Interesting problems usually can't be solved in closed form or using polynomial algorithms. Shipping companies must exploit non-linear constraints involving profit margins, demand, and volume, and still keep the boats moving. The same goes for optimal substring search for microarray design or optimal DNA design. The people who program the practical solutions to these problems comprise the elite of their technical organization. They combine versatality, imagination, and programming talent. I call them omniheurists -- solvers of all problems.
This course aims to develop your skills as an omniheurist. We will study problems that require heuristics and approximation algorithms. The heuristics include branch and bound, simulated annealing, tabu searching, evolutionary algorithms, and adaptive gradient methods. Approximation algorithms to NP-complete problems will help for subproblems. The problems take minutes to explain but the challenge they pose will keep you busy in a creative way for several hours. I don't promise an easy course, but I believe you will enjoy this class and find it useful.
The goal of this course is to train you to face a new problem, integrate techniques you have learned, arrive at a preliminary solution rapidly, refine it as you learn more about it, and be able to demonstrate (experimentally and sometimes competitively) that the solution is both efficient and close to the best possible.

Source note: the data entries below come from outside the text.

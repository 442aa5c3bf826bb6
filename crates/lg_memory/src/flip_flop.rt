//! What a triggered flip-flop stores.

ghost use Rattle.std.specs.Prelude.{◌≡◌, ◌≤◌, length, map};
ghost use Rattle.lg_value.specs.Bit.{not_bit};
ghost use Rattle.lg_memory.specs.Inputs.{word_at};
ghost use Rattle.lg_memory.specs.FlipFlop.{toggled, jk_stored, sr_stored, flip_stored};

use crate::form::FlipKind;
use crate::inputs::bit_at;
use lg_value::{Bit, Word};

// The bit that a triggered flip-flop stores, from the bit that it holds and its inputs.
pub fn flip_stored(kind: FlipKind, q: Bit, inputs: &[Word]) -> Bit
    requires first { 1 ≤ length (word_at inputs.now 0) }
    requires second { 1 ≤ length (word_at inputs.now 1) }
    ensures { result ≡ flip_stored kind q inputs.now }
{
    match kind {
        FlipKind::D => bit_at(inputs, 0),
        FlipKind::T => toggled(q, bit_at(inputs, 0)),
        FlipKind::Jk => jk_stored(q, bit_at(inputs, 0), bit_at(inputs, 1)),
        FlipKind::Sr => sr_stored(q, bit_at(inputs, 0), bit_at(inputs, 1)),
    }
}

// The inversion of a word of one bit.
pub fn inverted(word: &Word) -> Word
    requires { length word.now ≡ 1 }
    ensures bits { result ≡ map not_bit word.now }
    ensures width { length result ≡ 1 }
{
    Word::fill(1, not_bit(word.bit(0)))
}

// The inversion of a bit.
fn not_bit(bit: Bit) -> Bit
    ensures { result ≡ not_bit bit }
{
    match bit {
        Bit::Zero => Bit::One,
        Bit::One => Bit::Zero,
        Bit::Unknown | Bit::Error => Bit::Error,
    }
}

fn toggled(q: Bit, t: Bit) -> Bit
    ensures { result ≡ toggled q t }
{
    match t {
        Bit::Zero => q,
        Bit::One => not_bit(q),
        Bit::Unknown | Bit::Error => Bit::Error,
    }
}

fn jk_stored(q: Bit, j: Bit, k: Bit) -> Bit
    ensures { result ≡ jk_stored q j k }
{
    match (j, k) {
        (Bit::Zero, Bit::Zero) => q,
        (Bit::Zero, Bit::One) => Bit::Zero,
        (Bit::One, Bit::Zero) => Bit::One,
        (Bit::One, Bit::One) => not_bit(q),
        _ => Bit::Error,
    }
}

fn sr_stored(q: Bit, s: Bit, r: Bit) -> Bit
    ensures { result ≡ sr_stored q s r }
{
    match (s, r) {
        (Bit::Zero, Bit::Zero) | (Bit::One, Bit::One) => q,
        (Bit::Zero, Bit::One) => Bit::Zero,
        (Bit::One, Bit::Zero) => Bit::One,
        _ => Bit::Error,
    }
}
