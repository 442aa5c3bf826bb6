//! Parts with a state: flip-flops, registers, counters, shift registers and memories of four-valued words.
#![tactic(auto)]

mod counter;
mod event;
mod fault;
mod flip_flop;
mod form;
mod image;
mod inputs;
mod law;
mod number;
mod register;
mod run;
mod scan;
mod shift_register;
mod state;
mod storage;
mod transition;

pub use fault::{ImageFault, Memory};
pub use form::{FlipKind, Goal, StateForm, Trigger};
pub use image::{are_words, read_image, read_words};
pub use law::{
    a_repeated_step_changes_nothing, a_step_without_its_edge_changes_nothing,
    clear_and_preset_act_at_every_step, defined_inputs_give_defined_words, outputs_read_few_inputs,
    widths_stay, words_tell_the_state,
};
pub use number::read_number;
pub use state::{State, renew, start};
pub use transition::{out, step};
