//! The words at a part's inputs.

ghost use Rattle.std.specs.Prelude.{◌≡◌, ◌^◌, ◌<◌, ◌≤◌, length, IfSome};
ghost use Rattle.lg_memory.specs.Inputs.{word_at, bit_at, defined_number};

use lg_value::{Bit, Word};

// The lowest bit of the word at a place.
pub fn bit_at(words: &[Word], place: usize) -> Bit
    requires { 1 ≤ length (word_at words.now place) }
    ensures { result ≡ bit_at words.now place }
{
    words[place].bit(0)
}

// The number of a word, if each of its bits is 0 or 1.
pub fn defined_number(word: &Word) -> Option<u64>
    ensures number { result ≡ defined_number word.now }
    ensures fits { IfSome result (λ n. n < 2 ^ length word.now) }
{
    if word.defined() {
        Some(word.number())
    } else {
        None
    }
}
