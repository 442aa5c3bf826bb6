//! Runs of words: `V` and `N*V`.

ghost use Rattle.std.specs.Prelude.{◌≡◌, ◌+◌, ◌==◌, MatchOption};
ghost use Rattle.std.specs.List.{position};
ghost use Rattle.lg_memory.specs.declared.run.Run.{Run as Words};
ghost use Rattle.lg_memory.specs.Image.{IsRun};

use crate::number::read_number;

// The greatest number of words in a run.
const MOST_TIMES: u64 = 1_048_576;

// So many words of one value.
#[derive(Clone, Copy, Debug, PartialEq, Eq)]
pub struct Run {
    pub count: u32,
    pub value: u64,
}

// The run that a text is, if its value is at most `most`.
pub fn read_run(text: &[u8], most: u64) -> Option<Run>
    ensures { MatchOption result
        ((run : Words) → IsRun (most + 1) text.now run → ⊥)
        (λ run. IsRun (most + 1) text.now run) }
{
    match star_place(text) {
        None => {
            let value = read_number(text, 16, most)?;
            Some(Run { count: 1, value })
        }
        Some(star) => {
            let count = read_number(&text[..star], 10, MOST_TIMES)?;
            if count == 0 {
                return None;
            }
            let value = read_number(&text[star + 1..], 16, most)?;
            Some(Run {
                count: count as u32,
                value,
            })
        }
    }
}

fn star_place(text: &[u8]) -> Option<usize>
    ensures { result ≡ position (λ c. c == 42) text.now }
{
    text.iter().position(|byte| *byte == b'*')
}
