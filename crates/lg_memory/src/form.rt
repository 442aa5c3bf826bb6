//! The forms of parts with a state.

use sqlite_items::Items;

/// When a clock makes a part store.
#[derive(Clone, Copy, Debug, PartialEq, Eq)]
pub enum Trigger {
    /// Where it goes from exactly 0 to exactly 1.
    Rising,
    /// Where it goes from exactly 1 to exactly 0.
    Falling,
    /// Where it is 1 after the step.
    High,
    /// Where it is 0 after the step.
    Low,
}

/// A kind of flip-flop.
#[derive(Clone, Copy, Debug, PartialEq, Eq)]
pub enum FlipKind {
    /// Stores its data.
    D,
    /// Turns over where its input is 1.
    T,
    /// Clears, sets, and inverts where both inputs are 1.
    Jk,
    /// Sets and clears, and holds where both inputs are 1.
    Sr,
}

/// What a counter does at the end to which it counts.
#[derive(Clone, Copy, Debug, PartialEq, Eq)]
pub enum Goal {
    /// It begins again at the other end.
    Wrap,
    /// It stays.
    Stay,
    /// It counts on, modulo 2 to the width.
    Continue,
    /// It loads its data.
    Load,
}

/// What a part with a state is, by its attributes. Widths and lengths are 1 to 64, address widths 1 to 24; T and J-K
/// flip-flops, counters, shift registers and RAMs have an edge as their trigger.
///
/// The inputs of each form stand in the order of its ports: `in`, `clk`, `pre`, `clr` for D and T; `in0`, `in1`,
/// `clk`, `pre`, `clr` for J-K and S-R.
#[derive(Debug, Drop)]
pub enum StateForm {
    /// A flip-flop, with the outputs `q` and `nq`.
    Flip {
        kind: FlipKind,
        trigger: Trigger,
    },
    /// Inputs `d`, `en`, `clk`, `clr`.
    Register {
        width: u32,
        trigger: Trigger,
    },
    /// Inputs `d`, `ld`, `ud`, `en`, `clk`, `clr`; outputs `q` and `carry`. `max` is below 2 to the width.
    Counter {
        width: u32,
        max: u64,
        goal: Goal,
        trigger: Trigger,
    },
    /// Inputs `si`, `sh`, `clk`, `clr` and, where it is parallel, `ld` and a `d` for each stage; its output is the
    /// last stage or, where it is parallel, each stage.
    Shift {
        width: u32,
        length: u32,
        parallel: bool,
        trigger: Trigger,
    },
    /// Input `a`. There are at most 2 to the power `address` words, each below 2 to the width; missing ones are 0.
    Rom {
        address: u32,
        width: u32,
        words: Items<u64>,
    },
    /// Inputs `a`, `d`, `we`, `clk`.
    Ram {
        address: u32,
        width: u32,
        trigger: Trigger,
    },
}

Prerequsities: this is a course for students who can think creatively about algorithms and are willing to prototype them. I will spend an hour teaching the prototyping language I use (for all of my research) but you are free to use any you like (e.g. python, perl, Java, Ruby even C). R and Matlab may not be fast enough, but you can try.
In the fall of 2024, course problems will be drawn from biological computing, geometry, adversarial game playing, and concept drift in machine learning. I will present all necessary domain knowledge in each case. We will have in-class friendly competitions in which the winner receives a small piece of chocolate as a prize. The competitions will involve adversarial games or competitive solutions. For example, you might have to achieve a goal in the context of an adversary who can cause failures or otherwise try to thwart you. At the end, you will be able to face a difficult problem in an area where the domain is not familiar to you, but still be able to contribute a computational solution. You will also learn how to explain your solutions to a small group (because I will make you do it here). I'm told that students who survive this course become friends for life.
You have the option of working alone or in a team of two (but no more). In some cases the problem will be an as yet unanalyzed game and your team's task will be to compete with other teams.
Use of large language models is permitted These will be tools available to you throughout your career, so I encourage you to use them. When you describe your solution, share the prompt you used, the result of the prompt, and how you used the result.
The games are often games of strategy and full information. A side effect of each effort will be an evolving Omniheurist website that attracts many visitors over the years.
Two members of the class of 2017 worked out a communication infrastructure that architects can use: The git repo for the package is this address It includes a sample auction game as a demo. The code can be installed with 'pip install --user hps-nyu' Only Python specific aspects (i.e. the servers and the Python clients) of the package are installed. The C++ and Java clients need to be copied from the git repo.
Sometimes, you will have a design problem, but in all cases you will work as a member of your team. In addition, an alumnus from 2007, Arefin Huq wrote up his thoughts about how to solve problems. Definitely worth a read.
This is hands-on computer science. I will lecture only on a few topics -- dynamic programming, a superfast vector language k, game-playing in AI, a description of the puzzles, heuristic techniques, and approximation algorithms for NP-complete problems. I will also serve as a moderator for class discussion. You will be graded on how your program works, on your insights in class, and on your verbal explanation of the strategies you use (including the prompts you used if you use a large language model). If your program does not run, you do not present. This is a rubber-meets-the-road kind of course. Attendance (even if only by zoom) is therefore mandatory unless you have a written excuse from a physician or an employer.
Similar courses have been given by Donald Knuth at Stanford and Ken Ross at Columbia.